We've had a groundhog/woodchuck/hedgehog thing living under the shed in the back yard for the last couple of years, and although I can't say I've ben happy it's been there (it ate pretty much all of our flower and vegetable garden back in 2008), I've generally just let it be, which is pretty much my policy with all animals. Until they cross a line. As with the squirrels that took up residency in the roof over our bedroom back in December and therefore signed their own eviction notice, the furry little fucker in the backyard has also apparently (and unwittingly) decided that he no longer wants to be our guest.
So what did the groundhog (henceforth known as Wally) do that finally made me decide that he had to go? He started to use the area near the shed as his own personal bathroom. Over the course of the Spring, he gradually turned a four-foot long crevice in the back yard into a canyon of shit. Literally packed with soggy, seed-filled shit. One of the most annoying and nauseating things I've ever had to deal with, and it made me slightly crazy. To the point where, on a day where my temper had already been completely frayed by the sudden, explosive death of my not-that-old lawnmower (which made my tight schedule much, much tighter when I had to drive across the county to pick up my dad's mower) right after I spent ten minutes shoveling out groundhog shit in preparation for mowing - and, well, as I pulled back into the driveway, there was Wally just sitting in the side yard, and I gunned the engine, fully prepared to run down the hairy little shit machine.
Thankfully, I came to my senses (mental and moral) right away and slammed on the brakes at the end of the driveway. But the incident made it crystal clear to me that Wally needed to be humanely removed by trained professionals, because I had become Carl Spackler from Caddyshack, and my next step was going to be Semtex.

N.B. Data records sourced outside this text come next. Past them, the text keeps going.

//! Alternatives: enable their guards, waiting, and the branch that is taken.

ghost use Rattle.std.specs.Prelude.{◌≡◌, ◌==◌, if◌then◌else◌, true};
ghost use Rattle.tword.specs.Actions.{answer};
ghost use Rattle.tproc.specs.Alternatives.{awaits_choice, begins_choice, enable, enable_internal, enables_channel};
ghost use Rattle.tproc.specs.Alternatives.{enables_skip, ends_choice};
ghost use Rattle.tproc.specs.Agreement.{IsOwn};
ghost use Rattle.tproc.specs.Doing.{Does};
ghost use Rattle.tproc.specs.Guards.{Enables, MayEnable, kept_after};
ghost use Rattle.tproc.specs.LinkChannels as spec;

use crate::channels::{ENABLING, NOT_PROCESS, READY, Side, WAITING, is_choosing};
use crate::engine::Engine;
use crate::link_channels::{is_link, link_at};
use crate::process_status::ProcessStatus;
use crate::queues::{IPTR_WORD, STATE_WORD, require, wait};
use crate::ran::Ran;
use crate::waiter::{LinkEnd, Reason};
use tcpu::Registers;
use tword::{Break, Word};

/// The offset of no guard.
pub const NONE_SELECTED: u32 = 0xffff_ffff;

impl Engine {
    /// An alternative begins.
    pub fn begin_choice(&mut self) -> Result<Ran, Break>
        ensures { Does (begins_choice self.old.state) self.old result self.new }
    {
        self.claimed
            .write_word(self.state.wptr().below(STATE_WORD), Word::new(ENABLING))?;
        Ok(Ran::Instruction)
    }

    /// A link channel is enabled: a byte waits already, or its coming is remembered.
    fn enable_link(&mut self, process: Word, channel: Word) -> Result<(), Break>
        requires link { spec.is_link channel ≡ true }
        requires may { MayEnable self.old }
        ensures { Enables (enable channel process self.old.state) self.old result self.new }
    {
        let link = link_at(Side::Input, channel)?;
        require(self.is_free(Side::Input, link), Break::LinkBusy)?;
        let end = self.state.link(link);
        if end.noticed {
            self.claimed
                .set_word(self.state.wptr().below(STATE_WORD), Word::new(READY));
        } else {
            self.state.set_link(
                link,
                LinkEnd {
                    remembered: Some(process),
                    ..end
                },
            );
        }
        Ok(())
    }

    /// An internal channel is enabled: its word names the process, or a process waits there already to output.
    fn enable_internal(&mut self, process: Word, channel: Word) -> Result<(), Break>
        requires may { MayEnable self.old }
        ensures { Enables (enable_internal channel process self.old.state) self.old result self.new }
    {
        let found = self.claimed.take_word(channel)?;
        if found.get() == NOT_PROCESS {
            self.claimed.set_word(channel, process);
            return Ok(());
        }
        match &self.status(found) {
            ProcessStatus::Waits(Reason::Sends { channel: other, .. }) => {
                require(*other == channel, Break::ChannelMisuse)?;
                self.claimed
                    .set_word(self.state.wptr().below(STATE_WORD), Word::new(READY));
                Ok(())
            }
            ProcessStatus::Runs => Ok(()),
            _ => Err(Break::ChannelMisuse),
        }
    }

    /// A channel is enabled.
    fn enable(&mut self, process: Word, channel: Word) -> Result<(), Break>
        requires may { MayEnable self.old }
        ensures { Enables (enable channel process self.old.state) self.old result self.new }
    {
        if is_link(channel) {
            self.enable_link(process, channel)
        } else {
            self.enable_internal(process, channel)
        }
    }

    /// The channel of the guard that `enbc` names is enabled, unless the guard is false.
    fn enable_guard(&mut self, process: Word) -> Result<(), Break>
        requires may { MayEnable self.old }
        ensures { Enables (if self.old.state.registers.a == 0 then answer self.old.state else enable
            self.old.state.registers.b process
            self.old.state) self.old result self.new }
    {
        let channel = self.state.registers().b;
        if self.state.registers().a.get() == 0 {
            Ok(())
        } else {
            self.enable(process, channel)
        }
    }

    /// The channel of the guard is enabled, and the guard is kept.
    fn enable_and_go(&mut self, process: Word) -> Result<Ran, Break>
        requires may { MayEnable self.old }
        ensures { Does (kept_after (if self.old.state.registers.a == 0 then answer self.old.state else enable
            self.old.state.registers.b process self.old.state) self.old.state.registers) self.old result self.new }
    {
        let r = self.state.registers();
        self.enable_guard(process)?;
        self.state.go(Registers { b: r.c, ..r });
        Ok(Ran::Instruction)
    }

    /// A guard on a channel is enabled, and kept.
    pub fn enable_channel(&mut self, process: Word) -> Result<Ran, Break>
        ensures { Does (enables_channel process self.old.state) self.old result self.new }
    {
        let chosen = self.claimed.take_word(self.state.wptr().below(STATE_WORD))?;
        require(is_choosing(chosen), Break::ChannelMisuse)?;
        self.enable_and_go(process)
    }

    /// A guard without a channel is enabled.
    pub fn enable_skip(&mut self) -> Result<Ran, Break>
        ensures { Does (enables_skip self.old.state) self.old result self.new }
    {
        let chosen = self.claimed.take_word(self.state.wptr().below(STATE_WORD))?;
        require(is_choosing(chosen), Break::ChannelMisuse)?;
        if self.state.registers().a.get() != 0 {
            self.claimed
                .set_word(self.state.wptr().below(STATE_WORD), Word::new(READY));
        }
        Ok(Ran::Instruction)
    }

    /// A process waits for a guard of its alternative, or goes on where one is ready.
    #[tactic(auto, using(crate::proofs::Descheduling::own_process, crate::proofs::Agreeing::saved_itself))]
    pub fn await_choice(&mut self, process: Word) -> Result<Ran, Break>
        requires own { IsOwn process self.old.state }
        ensures { Does (awaits_choice process self.old.state) self.old result self.new }
    {
        let r = self.state.registers();
        self.claimed.may_write_word(r.wptr)?;
        let chosen = self.claimed.take_word(r.wptr.below(STATE_WORD))?;
        require(is_choosing(chosen), Break::ChannelMisuse)?;
        if chosen.get() == READY {
            self.claimed.set_word(r.wptr, Word::new(NONE_SELECTED));
            return Ok(Ran::Instruction);
        }
        self.claimed.may_deschedule(r.wptr)?;
        self.claimed.set_word(r.wptr, Word::new(NONE_SELECTED));
        self.claimed.deschedule(r.wptr);
        self.claimed
            .set_saved_word(r.wptr, STATE_WORD, Word::new(WAITING));
        self.claimed.set_saved_word(r.wptr, IPTR_WORD, r.iptr);
        wait(&mut self.state, &self.claimed, process, Reason::Chooses);
        Ok(Ran::Instruction)
    }

    /// The branch of the guard that was selected follows.
    pub fn end_choice(&mut self) -> Result<Ran, Break>
        ensures { Does (ends_choice self.old.state) self.old result self.new }
    {
        let r = self.state.registers();
        let offset = self.claimed.read_word(r.wptr)?;
        self.state.go(Registers {
            iptr: r.iptr.plus(offset),
            ..r
        });
        Ok(Ran::Instruction)
    }
}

So the Bug Runner - the same group that dealt with my squirrels - came by this morning with a trap, baited with whatever it is you would bait a trap for a groundhog, and suggested that Wally would get in there in the next day or so. Good for Wally, and good for me.

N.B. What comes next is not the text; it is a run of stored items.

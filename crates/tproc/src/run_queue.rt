//! A queue of processes of one priority.

ghost use Rattle.std.specs.Prelude.{ℕ, List, ◌≡◌, ◌<◌, ◌++◌, ◌∷◌, [], ◌==◌, length, slice_get};
ghost use Rattle.tproc.specs.Queues.{last_of};
ghost use Rattle.tproc.specs.Entries.{IsQueue};
ghost use Rattle.tword.specs.Limits.{most_processes};

use tword::Word;

/// The ends of a queue, which is threaded through the workspaces of its processes: word -2 of each links to the next
/// one, and that of the last one is never read. Contracts say which queue it is, as a list of workspaces with the one
/// that runs next at its head (`IsQueue`).
#[derive(Clone, Copy, Debug, PartialEq, Eq)]
pub struct RunQueue {
    /// The workspace of the process that runs next, if there is one.
    pub front: Word,
    /// The workspace of the process that came last, if there is one.
    pub back: Word,
    /// How many processes are queued.
    pub count: u32,
}

impl RunQueue {
    /// A queue without processes.
    pub fn new() -> RunQueue
        ensures { IsQueue [] result }
    {
        let zero = Word::new(0);
        RunQueue {
            front: zero,
            back: zero,
            count: 0,
        }
    }

    /// Whether nobody is queued.
    #[inline]
    pub fn is_empty(&self) -> bool
        ensures { (q : List ℕ) → IsQueue q self.now → result ≡ (length q == 0) }
    {
        self.count == 0
    }

    /// The first of the queue.
    #[inline]
    pub fn first(&self) -> Option<Word>
        ensures { (q : List ℕ) → IsQueue q self.now → result ≡ slice_get q 0 }
    {
        if self.count == 0 {
            None
        } else {
            Some(self.front)
        }
    }

    /// The last of the queue.
    #[inline]
    pub fn last(&self) -> Option<Word>
        ensures { (q : List ℕ) → IsQueue q self.now → result ≡ last_of q }
    {
        if self.count == 0 {
            None
        } else {
            Some(self.back)
        }
    }

    /// Puts a workspace at the back, once the last one is linked to it.
    #[inline]
    pub fn push(&mut self, workspace: Word)
        requires { self.old.count < most_processes }
        ensures { (q : List ℕ) → IsQueue q self.old → IsQueue (q ++ workspace ∷ []) self.new }
    {
        if self.count == 0 {
            self.front = workspace;
        }
        self.back = workspace;
        self.count += 1;
    }

    /// The first leaves the queue. behind: the one behind it, if there is one.
    #[inline]
    pub fn pop(&mut self, behind: Option<Word>)
        requires { 0 < self.old.count }
        ensures { (w : ℕ) (q : List ℕ) → IsQueue (w ∷ q) self.old → behind ≡ slice_get q 0 → IsQueue q self.new }
    {
        if let Some(next) = behind {
            self.front = next;
        }
        self.count -= 1;
    }
}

At around 10 PM, I heard what I at first took to be the mewing of our new kittens, but then I realized that they were calmly asleep in the bedroom, and the sound wasn't so much of a mewling as a loud, panicked shrieking, and it was only quieter because it was coming from the back yard. And it just kept on and on and on. If it is Wally in the trap, he's not in pain (thank God), but he's sure not happy about it.
But I sure am. Wally's going to get picked up tomorrow and taken to be released in style, up in Harriman Park. Allow me the small (unbelievably small, petty to a nearly quantum degree) pleasure of listening to Wally sing his song of impotent fury for one night before retiring to do his shitting elsewhere.